Assignment –
Those lines of the data that hold the word "else" are to be copied out.

** Records shown follows **

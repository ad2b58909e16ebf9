//! The fields of a line of one word or two. Each function takes the words of one field, or tells the code of what stands
//! there.

ghost use Rattle.ccr_text.specs.Answers.{Leaves, LeavesBy};
ghost use Rattle.ccr_wiretext.specs.Names.{as_queue, as_cause, as_handler, as_arbiter};
ghost use Rattle.ccr_wiretext.specs.Fields.{new_name, reference, port, group, value, part, expr, interleave};

use crate::draft::Draft;
use crate::named::Named;
use crate::values::value_in;
use ccr_base::{ArbiterNo, CauseNo, Expr, Group, HandlerNo, PortNo, QueueNo, Value};
use ccr_text::{Code, Cursor, Names, Stop, is_name, is_text};
use ccr_wiring::{MAX_ARG, MAX_INDEX};
use std::alloc::Global;

/// A name that is declared here.
#[tactic(auto, unfolding(crate::specs::Fields::new_name))]
pub fn new_name<'a>(words: &mut Cursor<'a>, names: &Names<Named>) -> Result<&'a [u8], Stop<Code>>
    ensures { LeavesBy (λ name. name.now) words.new result (new_name names.now words.old) }
{
    let name = words.word()?;
    if !is_name(name) {
        return Err(Stop::Refused(Code::NameForm));
    }
    if names.get(name).is_some() {
        return Err(Stop::Refused(Code::Declared));
    }
    Ok(name)
}

/// PORT or SET/PORT.
#[tactic(auto, unfolding(crate::specs::Fields::port))]
pub fn port(words: &mut Cursor<'_>, draft: &Draft) -> Result<PortNo, Stop<Code>>
    ensures { Leaves words.new result (port draft.now words.old) }
{
    let name = words.word()?;
    match draft.port(name) {
        Some(number) => Ok(number),
        None => Err(Stop::Refused(Code::Reference)),
    }
}

#[tactic(auto, unfolding(crate::specs::Fields::reference))]
pub fn queue(words: &mut Cursor<'_>, names: &Names<Named>) -> Result<QueueNo, Stop<Code>>
    ensures { Leaves words.new result (reference as_queue names.now words.old) }
{
    let name = words.word()?;
    match names.get(name) {
        Some(Named::Queue(number)) => Ok(number),
        _ => Err(Stop::Refused(Code::Reference)),
    }
}

#[tactic(auto, unfolding(crate::specs::Fields::reference))]
pub fn cause(words: &mut Cursor<'_>, names: &Names<Named>) -> Result<CauseNo, Stop<Code>>
    ensures { Leaves words.new result (reference as_cause names.now words.old) }
{
    let name = words.word()?;
    match names.get(name) {
        Some(Named::Cause(number)) => Ok(number),
        _ => Err(Stop::Refused(Code::Reference)),
    }
}

#[tactic(auto, unfolding(crate::specs::Fields::reference))]
pub fn handler(words: &mut Cursor<'_>, names: &Names<Named>) -> Result<HandlerNo, Stop<Code>>
    ensures { Leaves words.new result (reference as_handler names.now words.old) }
{
    let name = words.word()?;
    match names.get(name) {
        Some(Named::Handler(number)) => Ok(number),
        _ => Err(Stop::Refused(Code::Reference)),
    }
}

/// once or always.
#[tactic(auto, unfolding(crate::specs::Fields::group))]
pub fn group(words: &mut Cursor<'_>) -> Result<Group, Stop<Code>>
    ensures { Leaves words.new result (group words.old) }
{
    let name = words.word()?;
    if is_text(name, "once") {
        Ok(Group::Once)
    } else if is_text(name, "always") {
        Ok(Group::Always)
    } else {
        Err(Stop::Refused(Code::Keyword))
    }
}

#[tactic(auto, unfolding(crate::specs::Fields::reference))]
fn arbiter(words: &mut Cursor<'_>, names: &Names<Named>) -> Result<ArbiterNo, Stop<Code>>
    ensures { Leaves words.new result (reference as_arbiter names.now words.old) }
{
    let name = words.word()?;
    match names.get(name) {
        Some(Named::Arbiter(number)) => Ok(number),
        _ => Err(Stop::Refused(Code::Reference)),
    }
}

#[tactic(auto, unfolding(crate::specs::Fields::interleave))]
pub fn interleave(words: &mut Cursor<'_>, draft: &Draft) -> Result<ArbiterNo, Stop<Code>>
    ensures { Leaves words.new result (interleave draft.now words.old) }
{
    let arbiter = arbiter(words, &draft.names)?;
    if !draft.is_interleave(arbiter) {
        return Err(Stop::Refused(Code::Reference));
    }
    Ok(arbiter)
}

/// A value in a text of this version.
#[tactic(auto, unfolding(crate::specs::Fields::value))]
pub fn value(words: &mut Cursor<'_>, alloc: Global, version: u32) -> Result<Value, Stop<Code>>
    ensures { Leaves words.new result (value version words.old) }
{
    let word = words.word()?;
    value_in(alloc, version, word)
}

/// The two numbers behind part.
#[tactic(auto, unfolding(crate::specs::Fields::part))]
fn part(words: &mut Cursor<'_>) -> Result<Expr, Stop<Code>>
    ensures { Leaves words.new result (part words.old) }
{
    let message = words.number_within(0, MAX_ARG)?;
    let index = words.number_within(0, MAX_INDEX)?;
    Ok(Expr::Part(message, index))
}

/// A value, arg N, sum or count; in version 2 part N N too.
#[tactic(auto, unfolding(crate::specs::Fields::expr))]
pub fn expr(words: &mut Cursor<'_>, alloc: Global, version: u32) -> Result<Expr, Stop<Code>>
    ensures { Leaves words.new result (expr version words.old) }
{
    let name = words.word()?;
    if is_text(name, "sum") {
        Ok(Expr::Sum)
    } else if is_text(name, "count") {
        Ok(Expr::Count)
    } else if is_text(name, "arg") {
        Ok(Expr::Arg(words.number_within(0, MAX_ARG)?))
    } else if is_text(name, "part") && version == 2 {
        part(words)
    } else {
        Ok(Expr::Number(value_in(alloc, version, name)?))
    }
}
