//! What a place keeps and replies, whatever it was asked. The law is the contract of a function that does nothing.

ghost use Rattle.std.specs.Prelude.{◌≡◌, ◌↔◌, true};
ghost use Rattle.ccr_base.specs.declared.names.Place.{Place};
ghost use Rattle.ccr_wiring.specs.declared.parts.Parts.{Parts};
ghost use Rattle.ccr_claim.specs.declared.asks.Ask.{Ask};
ghost use Rattle.ccr_claim.specs.declared.asks.Reply.{Reply};
ghost use Rattle.ccr_claim.specs.Wired.{IsReplyOf};
ghost use Rattle.ccr_object.specs.declared.object.Placed.{Placed};
ghost use Rattle.ccr_object.specs.Keeping.{answers_known, keeps_own};
ghost use Rattle.ccr_object.specs.Numbers.{names_known, numbers_of};
ghost use Rattle.ccr_object.specs.Objects.{after_at, reply_of};
ghost use Rattle.ccr_object.specs.Starts.{placed_at};

/// A place keeps only messages and tasks whose spots, arbiters, queues, ports and causes are among its numbers, and of which no
/// cause stands twice, since it tests each ask for that. So its replies name no others: with the numbers of a wiring they name
/// only what the wiring has.
pub fn places_name_what_they_know()
    ensures start { (wiring : Parts) (place : Place) → keeps_own (placed_at wiring place) ≡ true }
    ensures kept { (place : Placed) (ask : Ask) → keeps_own place ≡ true → keeps_own (after_at place ask) ≡ true }
    ensures replies { (place : Placed) (ask : Ask) → keeps_own place ≡ true → answers_known place.numbers (reply_of place ask) ≡ true }
    ensures exact { (wiring : Parts) (reply : Reply) → (names_known (numbers_of wiring) reply ≡ true) ↔ IsReplyOf wiring reply }
{}
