//! The objects of all places of a wiring.

ghost use Rattle.std.specs.Prelude.{◌≡◌, ◌≤◌, length, map, IfOk};
ghost use Rattle.ccr_base.specs.Bounds.{most_places};
ghost use Rattle.ccr_object.specs.Numbers.{numbers_of};
ghost use Rattle.ccr_object.specs.Objects.{placed};
ghost use Rattle.ccr_object.specs.Starts.{places_of, placed_at};

use crate::numbers::Numbers;
use crate::object::PlaceObject;
use crate::starting::{object_at, places_of};
use ccr_base::{List, OutOfMemory, Place};
use ccr_wiring::Wiring;
use std::alloc::Global;
use std::sync::Arc;

/// One object for each place, in the order of `places_of`. They share the numbers of the wiring.
pub fn place_objects(alloc: Global, wiring: &Wiring) -> Result<List<PlaceObject>, OutOfMemory>
    ensures objects { IfOk result (λ objects. map placed objects ≡ map (placed_at wiring.now) (places_of wiring.now)) }
    ensures count { IfOk result (λ objects. (1 ≤ length objects) × (length objects ≤ most_places)) }
{
    let numbers = Arc::new(alloc, Numbers::of(alloc, wiring)?)?;
    let places = places_of(alloc, wiring)?;
    all_objects(alloc, wiring, &numbers, places.as_slice())
}

fn all_objects(
    alloc: Global,
    wiring: &Wiring,
    numbers: &Arc<Numbers>,
    places: &[Place],
) -> Result<List<PlaceObject>, OutOfMemory>
    requires { numbers.now.value ≡ numbers_of wiring.now }
    ensures objects { IfOk result (λ objects. map placed objects ≡ map (placed_at wiring.now) places.now) }
    ensures count { IfOk result (λ objects. length objects ≡ length places.now) }
{
    let mut objects = Vec::new(alloc);
    for place in places {
        objects.push(place_object(alloc, wiring, numbers, *place)?)?;
    }
    Ok(List::from_vec(objects))
}

fn place_object(
    alloc: Global,
    wiring: &Wiring,
    numbers: &Arc<Numbers>,
    place: Place,
) -> Result<PlaceObject, OutOfMemory>
    requires { numbers.now.value ≡ numbers_of wiring.now }
    ensures { IfOk result (λ object. placed object ≡ placed_at wiring.now place) }
{
    Ok(PlaceObject {
        alloc,
        numbers: Arc::try_clone(numbers)?,
        object: Box::new(alloc, object_at(alloc, wiring, place)?)?,
    })
}
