//! The fields of a line that go on up to its end: patterns, the members of a set, combined Interleaves, the causes of a post.

ghost use Rattle.std.specs.Prelude.{[]};
ghost use Rattle.ccr_text.specs.Answers.{Gives, Leaves};
ghost use Rattle.ccr_wiretext.specs.Patterns.{pred, new_port, slot, slots, taken, gathered, pattern, members, all_members, new_member, further, combined, causes};

use crate::draft::Draft;
use crate::fields;
use crate::named::Named;
use crate::references::is_combined;
use ccr_base::{ArbiterNo, CauseNo, List, Pattern, PortNo, Pred, Slot, has_number};
use ccr_text::{Code, Cursor, Names, Stop, is_text};
use ccr_wiring::{MAX_COUNT, MAX_MEMBERS, MAX_SET_PORTS, MAX_SLOTS, has_slot_at};
use std::alloc::Global;

/// any, eq N, lt N or ge N.
#[tactic(auto, unfolding(crate::specs::Patterns::pred))]
fn pred(words: &mut Cursor<'_>) -> Result<Pred, Stop<Code>>
    ensures { Leaves words.new result (pred words.old) }
{
    let name = words.word()?;
    if is_text(name, "any") {
        Ok(Pred::Any)
    } else if is_text(name, "eq") {
        Ok(Pred::Eq(words.number()?))
    } else if is_text(name, "lt") {
        Ok(Pred::Lt(words.number()?))
    } else if is_text(name, "ge") {
        Ok(Pred::Ge(words.number()?))
    } else {
        Err(Stop::Refused(Code::Keyword))
    }
}

/// A port that isn't among those found before it.
#[tactic(auto, unfolding(crate::specs::Patterns::new_port))]
fn new_port(words: &mut Cursor<'_>, draft: &Draft, found: &[PortNo]) -> Result<PortNo, Stop<Code>>
    ensures { Leaves words.new result (new_port draft.now found.now words.old) }
{
    let port = fields::port(words, draft)?;
    if has_number(found, port) {
        return Err(Stop::Refused(Code::Repeat));
    }
    Ok(port)
}

/// A slot whose port none of those found before has.
#[tactic(auto, unfolding(crate::specs::Patterns::slot))]
fn slot(words: &mut Cursor<'_>, draft: &Draft, found: &[Slot]) -> Result<Slot, Stop<Code>>
    ensures { Leaves words.new result (slot draft.now found.now words.old) }
{
    let port = fields::port(words, draft)?;
    if has_slot_at(found, port) {
        return Err(Stop::Refused(Code::Repeat));
    }
    let count = words.number_within(1, MAX_COUNT)?;
    let pred = pred(words)?;
    Ok(Slot {
        port,
        least: count,
        most: count,
        pred,
    })
}

/// 1 to 8 slots.
#[tactic(auto, unfolding(crate::specs::Patterns::taken, crate::specs::Patterns::slots))]
fn taken(words: &mut Cursor<'_>, alloc: Global, draft: &Draft) -> Result<Pattern, Stop<Code>>
    ensures { Gives result (taken draft.now words.old) }
{
    let mut found = Vec::new(alloc);
    found.push(slot(words, draft, &[])?)?;
    'slots: while !words.is_empty() {
        if found.len() == MAX_SLOTS {
            return Err(Stop::Refused(Code::Limit));
        }
        let next = slot(words, draft, &found)?;
        found.push(next)?;
    }
    Ok(Pattern::Slots(List::from_vec(found)))
}

/// N PORT PORT.
#[tactic(auto, unfolding(crate::specs::Patterns::gathered))]
fn gathered(words: &mut Cursor<'_>, draft: &Draft) -> Result<Pattern, Stop<Code>>
    ensures { Gives result (gathered draft.now words.old) }
{
    let total = words.number_within(1, MAX_COUNT)?;
    let first = fields::port(words, draft)?;
    let second = new_port(words, draft, &[first])?;
    words.no_more()?;
    Ok(Pattern::Gather {
        total,
        first,
        second,
    })
}

/// take and its slots, or gather and its ports, up to the end of the line.
#[tactic(auto, unfolding(crate::specs::Patterns::pattern))]
pub fn pattern(words: &mut Cursor<'_>, alloc: Global, draft: &Draft) -> Result<Pattern, Stop<Code>>
    ensures { Gives result (pattern draft.now words.old) }
{
    let name = words.word()?;
    if is_text(name, "take") {
        taken(words, alloc, draft)
    } else if is_text(name, "gather") {
        gathered(words, draft)
    } else {
        Err(Stop::Refused(Code::Keyword))
    }
}

/// The 1 to 8 members of a set, up to the end of the line.
#[tactic(auto, unfolding(crate::specs::Patterns::all_members, crate::specs::Patterns::members))]
pub fn members(
    words: &mut Cursor<'_>,
    alloc: Global,
    draft: &Draft,
) -> Result<List<PortNo>, Stop<Code>>
    ensures { Gives result (all_members draft.now words.old) }
{
    let mut found = Vec::new(alloc);
    found.push(fields::port(words, draft)?)?;
    'members: while !words.is_empty() {
        if found.len() == MAX_SET_PORTS {
            return Err(Stop::Refused(Code::Limit));
        }
        let next = new_port(words, draft, &found)?;
        found.push(next)?;
    }
    Ok(List::from_vec(found))
}

/// An Interleave that no line before combines, and that isn't among those found before it.
#[tactic(auto, unfolding(crate::specs::Patterns::new_member))]
fn new_member(
    words: &mut Cursor<'_>,
    draft: &Draft,
    found: &[ArbiterNo],
) -> Result<ArbiterNo, Stop<Code>>
    ensures { Leaves words.new result (new_member draft.now found.now words.old) }
{
    let arbiter = fields::interleave(words, draft)?;
    if is_combined(draft.parts.domains.as_slice(), arbiter) || has_number(found, arbiter) {
        return Err(Stop::Refused(Code::Repeat));
    }
    Ok(arbiter)
}

/// 2 to 8 Interleaves, up to the end of the line.
#[tactic(auto, unfolding(crate::specs::Patterns::combined, crate::specs::Patterns::further))]
pub fn combined(
    words: &mut Cursor<'_>,
    alloc: Global,
    draft: &Draft,
) -> Result<List<ArbiterNo>, Stop<Code>>
    ensures { Gives result (combined draft.now words.old) }
{
    let mut found = Vec::new(alloc);
    found.push(new_member(words, draft, &[])?)?;
    found.push(new_member(words, draft, &found)?)?;
    'further: while !words.is_empty() {
        if found.len() == MAX_MEMBERS {
            return Err(Stop::Refused(Code::Limit));
        }
        let next = new_member(words, draft, &found)?;
        found.push(next)?;
    }
    Ok(List::from_vec(found))
}

/// The causes of a post, up to the end of the line.
#[tactic(auto, unfolding(crate::specs::Patterns::causes, crate::specs::Fields::reference))]
pub fn causes(
    words: &mut Cursor<'_>,
    alloc: Global,
    names: &Names<Named>,
) -> Result<List<CauseNo>, Stop<Code>>
    ensures { Gives result (causes names.now [] words.old) }
{
    let mut found = Vec::new(alloc);
    'causes: while !words.is_empty() {
        let next = fields::cause(words, names)?;
        if has_number(&found, next) {
            return Err(Stop::Refused(Code::Repeat));
        }
        found.push(next)?;
    }
    Ok(List::from_vec(found))
}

** End of Records shown **

Response area –
    } else if is_text(name, "always") {
    } else {
    } else if is_text(name, "count") {
    } else if is_text(name, "arg") {
    } else if is_text(name, "part") && version == 2 {
    } else {
    } else if is_text(name, "eq") {
    } else if is_text(name, "lt") {
    } else if is_text(name, "ge") {
    } else {
    } else if is_text(name, "gather") {
    } else {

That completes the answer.